These disasters were notably not the result of manmade climate change. Neither was the Fukushima nuclear disaster (2011) nor the Indian
Ocean tsunami (2004). Indeed, the combustion of a long-overlooked cargo of 2,750 tonnes of ammonium nitrate had nearly levelled the city of
Beirut, Lebanon, on Aug 4 2020. The explosion left 204 dead; 7,500 injured; US$15 billion in property damages; and an estimated 300,000
people homeless (Urbina, 2020). The environmental costs have yet to be adequately tabulated. Environmental disasters are more attributable
to Black Swan events, systems breakdowns and corporate greed rather than to mundane human activity. Our
JIT world aggravates
the cascading potential of risks (Korowicz, 2012). Production and delivery delays, caused by the COVID-19
outbreak, will eventually require industrial overcompensation. This will further stress senior executives, workers,
machines and a variety of computerized systems. The trickle-down effects will likely include substandard products, contaminated food and a
general lowering in health and safety standards (Maavak, 2019a). Unpaid or demoralized sanitation workers may also resort to indiscriminate
waste dumping. Many cities across the United States (and elsewhere in the world) are no longer recycling wastes due to prohibitive costs in the
global corona-economy (Liacko, 2021). Even in good times, strict protocols on waste disposals were routinely ignored. While Sweden championed the global climate change
narrative, its clothing flagship H&M was busy covering up toxic effluences disgorged by vendors along the Citarum River in Java, Indonesia. As a result, countless children among 14 million
Indonesians straddling the “world’s most polluted river” began to suffer from dermatitis, intestinal problems, developmental disorders, renal failure, chronic bronchitis and cancer (DW, 2020).

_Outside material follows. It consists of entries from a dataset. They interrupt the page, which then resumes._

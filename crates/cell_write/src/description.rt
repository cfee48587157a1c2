//! The data descriptive record: which fields a record may have, how their subfields are called and which formats they have
//! (ISO/IEC 8211; S-57 Part 3, 7.2.2, 7.3 to 7.7 and Annex A).

ghost use Rattle.std.specs.Prelude.{◌≡◌, ◌++◌, map, IfOk, OnOk};
ghost use Rattle.file_spec.specs.DescriptiveRecord.{control_field, descriptive_fields, level_controls};
ghost use Rattle.cell_write.specs.Described.{described_field, level_of};
ghost use Rattle.frame_write.specs.OutFields.{field_of, fields_of};

use frame_write::OutField;
use std::alloc::{AllocError, Global};

const UNIT_TERMINATOR: u8 = 0x1f;

const FIELD_TERMINATOR: u8 = 0x1e;

/// The file control field: its controls, no title, and which field stands under which in the tree of a record's fields.
const CONTROL_FIELD: &[u8] =
    b"0000;&   \x1f0001DSIDDSIDDSSI0001DSPM0001FRIDFRIDFOIDFRIDATTFFRIDNATFFRIDFFPTFRIDFSPT0001VRIDVRIDATTVVRIDVRPTVRIDSG2DVRIDSG3D\x1e";

/// Which texts a field has, by their lexical level.
#[derive(Clone, Copy)]
enum Texts {
    /// At level 0.
    Plain,
    /// Attributes, at the level AALL.
    Attributes,
    /// National attributes, at the level NALL.
    NationalAttributes,
}

/// How a field is described: its tag, its field controls, the level of its texts, its name, the labels of its subfields,
/// of which those of rows begin with a star, and their formats.
#[derive(Clone, Copy)]
struct Description {
    tag: [u8; 4],
    controls: &'static [u8],
    texts: Texts,
    name: &'static [u8],
    labels: &'static [u8],
    formats: &'static [u8],
}

/// A field of one number.
const ONE_NUMBER: &[u8] = b"0500;&";

/// A field of one row of subfields.
const ONE_ROW: &[u8] = b"1600;&";

/// A field of rows.
const ROWS: &[u8] = b"2600;&";

/// The fields that records may have.
const DESCRIPTIONS: [Description; 15] = [
    Description {
        tag: *b"0001",
        controls: ONE_NUMBER,
        texts: Texts::Plain,
        name: b"ISO 8211 Record Identifier",
        labels: b"",
        formats: b"(b12)",
    },
    Description {
        tag: *b"DSID",
        controls: ONE_ROW,
        texts: Texts::Plain,
        name: b"Data set identification field",
        labels: b"RCNM!RCID!EXPP!INTU!DSNM!EDTN!UPDN!UADT!ISDT!STED!PRSP!PSDN!PRED!PROF!AGEN!COMT",
        formats: b"(b11,b14,2b11,3A,2A(8),R(4),b11,2A,b11,b12,A)",
    },
    Description {
        tag: *b"DSSI",
        controls: ONE_ROW,
        texts: Texts::Plain,
        name: b"Data set structure information field",
        labels: b"DSTR!AALL!NALL!NOMR!NOCR!NOGR!NOLR!NOIN!NOCN!NOED!NOFA",
        formats: b"(3b11,8b14)",
    },
    Description {
        tag: *b"DSPM",
        controls: ONE_ROW,
        texts: Texts::Plain,
        name: b"Data set parameter field",
        labels: b"RCNM!RCID!HDAT!VDAT!SDAT!CSCL!DUNI!HUNI!PUNI!COUN!COMF!SOMF!COMT",
        formats: b"(b11,b14,3b11,b14,4b11,2b14,A)",
    },
    Description {
        tag: *b"FRID",
        controls: ONE_ROW,
        texts: Texts::Plain,
        name: b"Feature record identifier field",
        labels: b"RCNM!RCID!PRIM!GRUP!OBJL!RVER!RUIN",
        formats: b"(b11,b14,2b11,2b12,b11)",
    },
    Description {
        tag: *b"FOID",
        controls: ONE_ROW,
        texts: Texts::Plain,
        name: b"Feature object identifier field",
        labels: b"AGEN!FIDN!FIDS",
        formats: b"(b12,b14,b12)",
    },
    Description {
        tag: *b"ATTF",
        controls: ROWS,
        texts: Texts::Attributes,
        name: b"Feature record attribute field",
        labels: b"*ATTL!ATVL",
        formats: b"(b12,A)",
    },
    Description {
        tag: *b"NATF",
        controls: ROWS,
        texts: Texts::NationalAttributes,
        name: b"Feature record national attribute field",
        labels: b"*ATTL!ATVL",
        formats: b"(b12,A)",
    },
    Description {
        tag: *b"FFPT",
        controls: ROWS,
        texts: Texts::Plain,
        name: b"Feature record to feature object pointer field",
        labels: b"*LNAM!RIND!COMT",
        formats: b"(B(64),b11,A)",
    },
    Description {
        tag: *b"FSPT",
        controls: ROWS,
        texts: Texts::Plain,
        name: b"Feature record to spatial record pointer field",
        labels: b"*NAME!ORNT!USAG!MASK",
        formats: b"(B(40),3b11)",
    },
    Description {
        tag: *b"VRID",
        controls: ONE_ROW,
        texts: Texts::Plain,
        name: b"Vector record identifier field",
        labels: b"RCNM!RCID!RVER!RUIN",
        formats: b"(b11,b14,b12,b11)",
    },
    Description {
        tag: *b"ATTV",
        controls: ROWS,
        texts: Texts::Plain,
        name: b"Vector record attribute field",
        labels: b"*ATTL!ATVL",
        formats: b"(b12,A)",
    },
    Description {
        tag: *b"VRPT",
        controls: ROWS,
        texts: Texts::Plain,
        name: b"Vector record pointer field",
        labels: b"*NAME!ORNT!USAG!TOPI!MASK",
        formats: b"(B(40),4b11)",
    },
    Description {
        tag: *b"SG2D",
        controls: ROWS,
        texts: Texts::Plain,
        name: b"2-D coordinate field",
        labels: b"*YCOO!XCOO",
        formats: b"(2b24)",
    },
    Description {
        tag: *b"SG3D",
        controls: ROWS,
        texts: Texts::Plain,
        name: b"3-D coordinate (sounding array) field",
        labels: b"*YCOO!XCOO!VE3D",
        formats: b"(3b24)",
    },
];

/// The lexical level of these texts.
fn level_of(texts: Texts, aall: u8, nall: u8) -> u8
    ensures { result ≡ level_of aall nall texts }
{
    match texts {
        Texts::Plain => 0,
        Texts::Attributes => aall,
        Texts::NationalAttributes => nall,
    }
}

/// The escape sequence of a lexical level, without its first byte.
fn level_controls(level: u8) -> &'static [u8]
    ensures { result.now ≡ level_controls level }
{
    match level {
        2 => b"%/A",
        1 => b"-A ",
        _ => b"   ",
    }
}

/// The field that says this description, at the levels AALL and NALL.
fn described_field(
    alloc: Global,
    description: &Description,
    aall: u8,
    nall: u8,
) -> Result<OutField, AllocError>
    ensures { IfOk result (λ field. field_of field ≡ described_field aall nall description.now) }
{
    let mut bytes = Vec::from_slice(alloc, description.controls)?;
    bytes.extend_from_slice(level_controls(level_of(description.texts, aall, nall)))?;
    bytes.extend_from_slice(description.name)?;
    bytes.push(UNIT_TERMINATOR)?;
    bytes.extend_from_slice(description.labels)?;
    bytes.push(UNIT_TERMINATOR)?;
    bytes.extend_from_slice(description.formats)?;
    bytes.push(FIELD_TERMINATOR)?;
    Ok(OutField {
        tag: description.tag,
        bytes,
    })
}

/// The file control field.
fn control_field(alloc: Global) -> Result<OutField, AllocError>
    ensures { IfOk result (λ field. field_of field ≡ control_field) }
{
    Ok(OutField {
        tag: *b"0000",
        bytes: Vec::from_slice(alloc, CONTROL_FIELD)?,
    })
}

/// Appends the fields that say these descriptions.
fn push_descriptions(
    alloc: Global,
    descriptions: &[Description],
    aall: u8,
    nall: u8,
    fields: &mut Vec<OutField>,
) -> Result<(), AllocError>
    ensures { OnOk result (fields_of fields.new.items ≡ fields_of fields.old.items ++ map (described_field aall nall) descriptions.now) }
{
    for description in descriptions {
        fields.push(described_field(alloc, description, aall, nall)?)?;
    }
    Ok(())
}

/// The fields of the data descriptive record, at the levels AALL and NALL.
pub fn descriptive_fields(alloc: Global, aall: u8, nall: u8) -> Result<Vec<OutField>, AllocError>
    ensures { IfOk result (λ fields. fields_of fields.items ≡ descriptive_fields aall nall) }
{
    let mut fields = Vec::new(alloc);
    fields.push(control_field(alloc)?)?;
    push_descriptions(alloc, &DESCRIPTIONS, aall, nall, &mut fields)?;
    Ok(fields)
}
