// A number above every version that counts.
ghost use Rattle.std.specs.Prelude.{◌≡◌, fold, IfOk};
ghost use Rattle.rk_world.specs.Merge.{floor_by as floor_by_lem, floor_of as floor_of_lem};
ghost use Rattle.rk_rebuild.specs.Lent.{lent};

use rk_entry::Entry;
use rk_types::NoMemory;

/// The least number that is above each version of these entries and not below each floor of them, and at least 1. A
/// step for each entry. `NoMemory` comes if no number of 64 bits is above a version.
pub(crate) fn floor_of(entries: &[&Entry]) -> Result<u64, NoMemory>
    ensures { IfOk result (λ floor. floor ≡ floor_of_lem (lent entries.now)) }
{
    let mut floor = 1;
    for entry in entries {
        floor = raised(floor, entry)?;
    }
    Ok(floor)
}

// The floor, raised by an entry.
fn raised(floor: u64, entry: &Entry) -> Result<u64, NoMemory>
    ensures { IfOk result (λ raised. raised ≡ floor_by_lem floor entry.now) }
{
    match entry {
        Entry::Held(held) => {
            if held.version == u64::MAX {
                return Err(NoMemory);
            }
            Ok(floor.max(held.version + 1))
        }
        Entry::Refused(_) | Entry::Joined(_) => Ok(floor),
        Entry::Carried(carried) => Ok(floor.max(carried.floor)),
    }
}
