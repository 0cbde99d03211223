//! The constants of the code that definitions cite, each by its number or by examples on both sides of its limit. All else is proved
//! whatever that number is, so without these laws a wrong one would go unseen.
//!
//! Left out are the constants that a law or an example of their own crate pins: the byte counts of entries and frames, which are the
//! lengths of what is spelled, and the numbers of kinds. Limits that are numbers in the definitions need no law; those of worn lanes
//! and sessions are here since no small test comes near them. The crate has no code: its laws are in `proofs/Headlines.antt`.
#![tactic(auto)]
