// What counts of each member of a lineage, lent, and what a rebuild makes of it.
ghost use Rattle.std.specs.Prelude.{◌≡◌, ◌==◌, ◌∷◌, ◌++◌, List, [], filter, map as map_list, IfOk, OnOk, if◌then◌else◌};
ghost use Rattle.std.specs.List.{flat_map, list_any};
ghost use Rattle.rk_entry.specs.declared.entry.Entry.{Entry as Entry_of};
ghost use Rattle.rk_world.specs.Gather as gathers;
ghost use Rattle.rk_world.specs.Merge as merging;
ghost use Rattle.rk_rebuild.specs.Counted.{IsCounted};
ghost use Rattle.rk_rebuild.specs.Lent.{lent};
ghost use Rattle.rk_rebuild.specs.Logs.{gathered_at, members_of};

use crate::copies::copies_of;
use crate::ends::{merged_ends, told};
use crate::floor::floor_of;
use crate::material::{counted_entries, lend_all};
use crate::member::{ReadLog, Reader, log_of};
use crate::reading::behind;
use rk_entry::Entry;
use rk_types::{Ended, Listed, Member, NoMemory, Range};
use rk_world::Merged;
use std::alloc::Global;

/// What counts of members, lent, and the ends that each of them records.
#[derive(Drop)]
pub(crate) struct Counted<'a> {
    all: Vec<&'a Entry>,
    told: Vec<Listed<Ended>>,
}

impl<'a> Counted<'a> {
    /// Of no members.
    pub(crate) fn new(alloc: Global) -> Counted<'a>
        ensures { IsCounted result [] }
    {
        Counted {
            all: Vec::new(alloc),
            told: Vec::new(alloc),
        }
    }

    /// One more member, of which these entries count.
    pub(crate) fn add(&mut self, alloc: Global, entries: &[&'a Entry]) -> Result<(), NoMemory>
        ensures { OnOk result ((members : List (List Entry_of))
            → IsCounted self.old members → IsCounted self.new (members ++ lent entries.now ∷ [])) }
    {
        self.told.push(told(alloc, entries)?)?;
        self.all.extend_from_slice(entries)?;
        Ok(())
    }

    /// What a rebuild makes of its own entries and of what counts of each member.
    pub(crate) fn merge(&self, alloc: Global, own: &[&Entry]) -> Result<Merged, NoMemory>
        ensures { IfOk result (λ merged. (members : List (List Entry_of))
            → IsCounted self.now members → merged ≡ merging.merge (lent own.now) members) }
    {
        Ok(Merged {
            copies: Listed::from_vec(copies_of(alloc, own, self.all.as_slice())?),
            floor: floor_of(self.all.as_slice())?,
            ends: Listed::from_vec(merged_ends(alloc, self.told.as_slice())?),
        })
    }
}

/// These entries, lent once more.
pub(crate) fn lent_again<'a>(alloc: Global, own: &[&'a Entry]) -> Result<Vec<&'a Entry>, NoMemory>
    ensures { IfOk result (λ entries. entries.items ≡ own.now) }
{
    let mut entries = Vec::new(alloc);
    entries.extend_from_slice(own)?;
    Ok(entries)
}

// What counts for a range of a member.
fn counted_at<'a>(
    alloc: Global,
    range: &Range,
    logs: &'a [ReadLog],
    member: &Member,
) -> Result<Vec<&'a Entry>, NoMemory>
    ensures { IfOk result (λ entries. lent entries.items ≡ gathers.counted_of range.now (gathered_at logs.now member.now)) }
{
    let Some(log) = log_of(logs, member.master) else {
        return Ok(Vec::new(alloc));
    };
    let entries = lend_all(alloc, log.main.as_slice())?;
    counted_entries(
        alloc,
        range,
        behind(entries.as_slice(), member.from),
        &log.sides,
    )
}

/// What counts for a range of all members, member by member. A step for each entry of a member's log.
pub(crate) fn counted_of_all<'a>(
    alloc: Global,
    range: &Range,
    logs: &'a [ReadLog],
    readers: &[Reader],
) -> Result<Vec<&'a Entry>, NoMemory>
    ensures { IfOk result (λ entries. lent entries.items ≡ flat_map (gathers.counted_of range.now) (members_of logs.now readers.now)) }
{
    let mut entries = Vec::new(alloc);
    for reader in readers {
        let more = counted_at(alloc, range, logs, &reader.member)?;
        entries.extend_from_slice(more.as_slice())?;
    }
    Ok(entries)
}

/// What counts for a range of the members with a master. A step for each entry of the master's log, and a look at each
/// member.
pub(crate) fn counted_by<'a>(
    alloc: Global,
    range: &Range,
    logs: &'a [ReadLog],
    readers: &[Reader],
    master: u8,
) -> Result<Vec<&'a Entry>, NoMemory>
    ensures { IfOk result (λ entries. lent entries.items
        ≡ flat_map (gathers.counted_of range.now) (filter (λ gathered. gathered.member.master == master) (members_of logs.now readers.now))) }
{
    let mut entries = Vec::new(alloc);
    for reader in readers {
        if reader.member.master == master {
            let more = counted_at(alloc, range, logs, &reader.member)?;
            entries.extend_from_slice(more.as_slice())?;
        }
    }
    Ok(entries)
}

/// Whether a master is of a lineage.
pub(crate) fn is_of_lineage(lineage: &[Member], master: u8) -> bool
    ensures { result ≡ list_any (λ member. member.master == master) lineage.now }
{
    lineage.iter().any(|member| member.master == master)
}
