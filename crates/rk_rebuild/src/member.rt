ghost use Rattle.std.specs.Prelude.{◌≡◌, find, is_some, not, [], false, true, drop};
ghost use Rattle.std.specs.List.{AllByRecursion};
ghost use Rattle.std.specs.Option.{option_copied};
ghost use Rattle.rk_types.specs.NumberMap.{get};
ghost use Rattle.rk_types.specs.declared.range.Range.{Range as Hashes};
ghost use Rattle.rk_world.specs.Gather as gathers;
ghost use Rattle.rk_rebuild.specs.Logs.{IsGathered, IsShort, KnowsNamed, gathered_at, is_unread as is_unread_lem, log_of as log_of_lem, members_of};

use rk_entry::Entry;
use rk_types::{Listed, Member, Numbered};
use rk_world::Reading;
use std::alloc::Global;

/// What was read of the log of a master: its main segments, whether the last one was passed, and its side segments.
#[derive(Drop)]
pub(crate) struct ReadLog {
    pub master: u8,
    pub main: Listed<Listed<Entry>>,
    pub main_read: bool,
    pub sides: Numbered<Listed<Entry>>,
}

/// A member of a lineage, with the side segments that its entries name, each once, and how many first ones of them were
/// read. These are known once the last main segment of its master was passed.
#[derive(Drop)]
pub(crate) struct Reader {
    pub member: Member,
    pub named: Listed<u32>,
    pub done: usize,
}

impl ReadLog {
    /// Nothing was read of a master so far, which takes no memory.
    pub(crate) fn new(alloc: Global, master: u8) -> ReadLog
        ensures master { result.master ≡ master }
        ensures main { result.main ≡ [] }
        ensures passed { result.main_read ≡ false }
        ensures sides { result.sides ≡ [] }
    {
        ReadLog {
            master,
            main: Listed::new(alloc),
            main_read: false,
            sides: Numbered::new(alloc),
        }
    }
}

/// What was read of a master, if anything was. A look at each log.
pub(crate) fn log_of(logs: &[ReadLog], master: u8) -> Option<&ReadLog>
    ensures { option_copied result ≡ log_of_lem logs.now master }
{
    for log in logs {
        if log.master == master {
            return Some(log);
        }
    }
    None
}

/// What is read next of these members, the first of them first. A look at each member.
pub(crate) fn next_of(logs: &[ReadLog], readers: &[Reader]) -> Option<Reading>
    requires { AllByRecursion IsShort logs.now }
    ensures { (range : Hashes) → AllByRecursion (KnowsNamed range logs.now) readers.now
        → result ≡ gathers.next_of range (members_of logs.now readers.now) }
{
    for reader in readers {
        if let Some(segment) = next_segment(logs, reader) {
            return Some(Reading {
                master: reader.member.master,
                segment,
            });
        }
    }
    None
}

// The segment of a member that is read next: the main ones in their order, and then the side ones.
fn next_segment(logs: &[ReadLog], reader: &Reader) -> Option<u32>
    requires { AllByRecursion IsShort logs.now }
    ensures { (range : Hashes) → KnowsNamed range logs.now reader.now
        → result ≡ gathers.next_segment range (gathered_at logs.now reader.now.member) }
{
    let Some(log) = log_of(logs, reader.member.master) else {
        return Some(1);
    };
    if log.main_read {
        return next_side(left_of(reader.named.as_slice(), reader.done), &log.sides);
    }
    Some(log.main.as_slice().len() as u32 + 1)
}

/// The numbers behind the first ones of these.
pub(crate) fn left_of(numbers: &[u32], done: usize) -> &[u32]
    ensures { result.now ≡ drop done numbers.now }
{
    numbers.split_at(done.min(numbers.len())).1
}

// The first of these side segments that was not read. A search for each of them up to that one.
fn next_side(named: &[u32], sides: &Numbered<Listed<Entry>>) -> Option<u32>
    ensures { result ≡ find (is_unread_lem sides.now) named.now }
{
    for segment in named {
        if is_unread(sides, *segment) {
            return Some(*segment);
        }
    }
    None
}

/// Whether a side segment was not read. One search.
pub(crate) fn is_unread(sides: &Numbered<Listed<Entry>>, segment: u32) -> bool
    ensures { result ≡ is_unread_lem sides.now segment }
{
    sides.get(u64::from(segment)).is_none()
}
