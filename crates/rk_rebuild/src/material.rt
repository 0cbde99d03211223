// The entries of a log that count for a range, lent.
ghost use Rattle.std.specs.Prelude.{◌≡◌, ◌∷◌, ◌++◌, [], fold, IfOk, OnOk};
ghost use Rattle.std.specs.List.{flat_map};
ghost use Rattle.rk_types.specs.NumberMap.{get_or};
ghost use Rattle.rk_world.specs.Ranges.{has_all as has_all_lem};
ghost use Rattle.rk_world.specs.Material.{counting, counts as counts_lem, material_of, named as named_lem, named_by as named_by_lem, with_number};
ghost use Rattle.rk_rebuild.specs.Lent.{lent};
ghost use Rattle.rk_rebuild.specs.Numbers.{IsSetOf};

use rk_entry::Entry;
use rk_types::{Listed, NoMemory, Numbered, Range, hash};
use std::alloc::Global;
use std::collections::BTreeSet;

/// Whether an entry counts for a range.
pub(crate) fn counts(range: &Range, entry: &Entry) -> bool
    ensures { result ≡ counts_lem range.now entry.now }
{
    match entry {
        Entry::Held(held) => range.has(held.table, hash(held.key.bytes())),
        Entry::Refused(refused) => range.has(refused.table, hash(refused.key.bytes())),
        Entry::Carried(carried) => has_all(&carried.range, range),
        Entry::Joined(_) => false,
    }
}

// Whether a range has all of another one.
fn has_all(outer: &Range, inner: &Range) -> bool
    ensures { result ≡ has_all_lem outer.now inner.now }
{
    outer.table == inner.table && outer.first <= inner.first && inner.last <= outer.last
}

/// What counts for a range of these entries of a log: those that count themselves, and then those of the side segments
/// that they name. A step for each entry, and a search for each side segment.
pub fn counted_entries<'a>(
    alloc: Global,
    range: &Range,
    entries: &[&'a Entry],
    sides: &'a Numbered<Listed<Entry>>,
) -> Result<Vec<&'a Entry>, NoMemory>
    ensures { IfOk result (λ counted. lent counted.items ≡ material_of range.now (λ segment. get_or [] sides.now segment) (lent entries.now)) }
{
    let mut counted = Vec::new(alloc);
    for entry in entries {
        count(&mut counted, range, entry)?;
    }
    let segments = named(alloc, range, entries)?;
    count_sides(&mut counted, range, segments.as_slice(), sides)?;
    Ok(counted)
}

// Lends an entry too, if it counts.
fn count<'a>(counted: &mut Vec<&'a Entry>, range: &Range, entry: &'a Entry) -> Result<(), NoMemory>
    ensures { OnOk result (lent counted.new.items ≡ lent counted.old.items ++ counting range.now (entry.now ∷ [])) }
{
    if counts(range, entry) {
        counted.push(entry)?;
    }
    Ok(())
}

// Lends the entries of side segments too, if they count.
fn count_sides<'a>(
    counted: &mut Vec<&'a Entry>,
    range: &Range,
    segments: &[u32],
    sides: &'a Numbered<Listed<Entry>>,
) -> Result<(), NoMemory>
    ensures { OnOk result (lent counted.new.items
        ≡ lent counted.old.items ++ counting range.now (flat_map (λ segment. get_or [] sides.now segment) segments.now)) }
{
    for segment in segments {
        if let Some(side) = sides.get(u64::from(*segment)) {
            count_all(counted, range, side.as_slice())?;
        }
    }
    Ok(())
}

// Lends the entries that count too.
fn count_all<'a>(
    counted: &mut Vec<&'a Entry>,
    range: &Range,
    entries: &'a [Entry],
) -> Result<(), NoMemory>
    ensures { OnOk result (lent counted.new.items ≡ lent counted.old.items ++ counting range.now entries.now) }
{
    for entry in entries {
        count(counted, range, entry)?;
    }
    Ok(())
}

/// The side segments that entries make part of their log for a range, each once. A step for each entry, and a search for
/// each segment that they name.
pub fn named(alloc: Global, range: &Range, entries: &[&Entry]) -> Result<Listed<u32>, NoMemory>
    ensures { IfOk result (λ numbers. numbers ≡ named_lem range.now (lent entries.now)) }
{
    let mut seen = BTreeSet::new(alloc);
    let mut numbers = Vec::new(alloc);
    for entry in entries {
        add_all(&mut seen, &mut numbers, named_by(range, entry))?;
    }
    Ok(Listed::from_vec(numbers))
}

// The side segments that an entry makes part of its log for a range.
fn named_by<'a>(range: &Range, entry: &'a Entry) -> &'a [u32]
    ensures { result.now ≡ named_by_lem range.now entry.now }
{
    let Entry::Joined(joined) = entry else {
        return &[];
    };
    if !joined.range.meets(range) {
        return &[];
    }
    joined.segments.as_slice()
}

// Adds the numbers that are not among those that there are.
fn add_all(seen: &mut BTreeSet<u32>, numbers: &mut Vec<u32>, more: &[u32]) -> Result<(), NoMemory>
    requires { IsSetOf seen.old numbers.old.items }
    ensures numbers { OnOk result (numbers.new.items ≡ fold with_number numbers.old.items more.now) }
    ensures seen { OnOk result (IsSetOf seen.new numbers.new.items) }
{
    for number in more {
        add(seen, numbers, *number)?;
    }
    Ok(())
}

// Adds a number, if it is not among those that there are.
fn add(seen: &mut BTreeSet<u32>, numbers: &mut Vec<u32>, number: u32) -> Result<(), NoMemory>
    requires { IsSetOf seen.old numbers.old.items }
    ensures numbers { OnOk result (numbers.new.items ≡ with_number numbers.old.items number) }
    ensures seen { OnOk result (IsSetOf seen.new numbers.new.items) }
{
    if !seen.insert(number)? {
        return Ok(());
    }
    numbers.push(number)?;
    Ok(())
}

/// The entries of segments, in their order. A step for each.
pub(crate) fn lend_all<'a>(
    alloc: Global,
    segments: &'a [Listed<Entry>],
) -> Result<Vec<&'a Entry>, NoMemory>
    ensures { IfOk result (λ entries. lent entries.items ≡ flat_map (λ entries. entries) segments.now) }
{
    let mut entries = Vec::new(alloc);
    for segment in segments {
        lend(&mut entries, segment.as_slice())?;
    }
    Ok(entries)
}

/// These entries, lent. A step for each.
pub fn lend_each(alloc: Global, entries: &[Entry]) -> Result<Vec<&Entry>, NoMemory>
    ensures { IfOk result (λ lent_now. lent lent_now.items ≡ entries.now) }
{
    let mut lent_now = Vec::new(alloc);
    lend(&mut lent_now, entries)?;
    Ok(lent_now)
}

// Lends these entries too.
fn lend<'a>(into: &mut Vec<&'a Entry>, entries: &'a [Entry]) -> Result<(), NoMemory>
    ensures { OnOk result (lent into.new.items ≡ lent into.old.items ++ entries.now) }
{
    for entry in entries {
        into.push(entry)?;
    }
    Ok(())
}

It is also in cauldrons like the Citarum River where pathogens may mutate with emergent ramifications. On an equally alarming note, depressed economic conditions have traditionally
provided a waste disposal boon for organized crime elements. Throughout 1980s, the Calabriabased ‘Ndrangheta mafia – in collusion with governments in Europe and North America – began
to dump radioactive wastes along the coast of Somalia. Reeling from pollution and revenue loss, Somali fisherman eventually resorted to mass piracy (Knaup, 2008). The coast of Somalia is
now a maritime hotspot, and exemplifies an entwined form of economic-environmental-geopolitical-societal emergence. In a VUCA world, indiscriminate waste dumping can unexpectedly
morph into a Black Hawk Down incident. The laws of unintended consequences are governed by actors, interconnections, interactions and adaptations in a system under study – as outlined in
the methodology section. Environmentally-devastating
industrial sabotages – whether by disgruntled workers, industrial competitors, ideological
maniacs or terrorist groups – cannot be discounted in a VUCA world. Immiserated societies, in stark defiance of climate change diktats, may
resort to dirty coal plants and wood stoves for survival. Interlinked
ecosystems, particularly water resources, may be
hijacked by nationalist sentiments. The environmental fallouts of critical infrastructure (CI) breakdowns loom like a
Sword of Damocles over this decade. Geopolitical The primary catalyst behind WWII was the Great
Depression. Since history often repeats itself, expect familiar bogeymen to reappear in societies
roiling with impoverishment and ideological clefts. Anti-Semitism – a societal risk on its own – may reach alarming proportions in the
West (Reuters, 2019), possibly forcing Israel to undertake reprisal operations inside allied nations. If that
happens, how will affected nations react? Will security resources be reallocated to protect certain minorities (or the Top 1%) while larger
segments of society are exposed to restive forces? Balloon
effects like these present a classic VUCA problematic.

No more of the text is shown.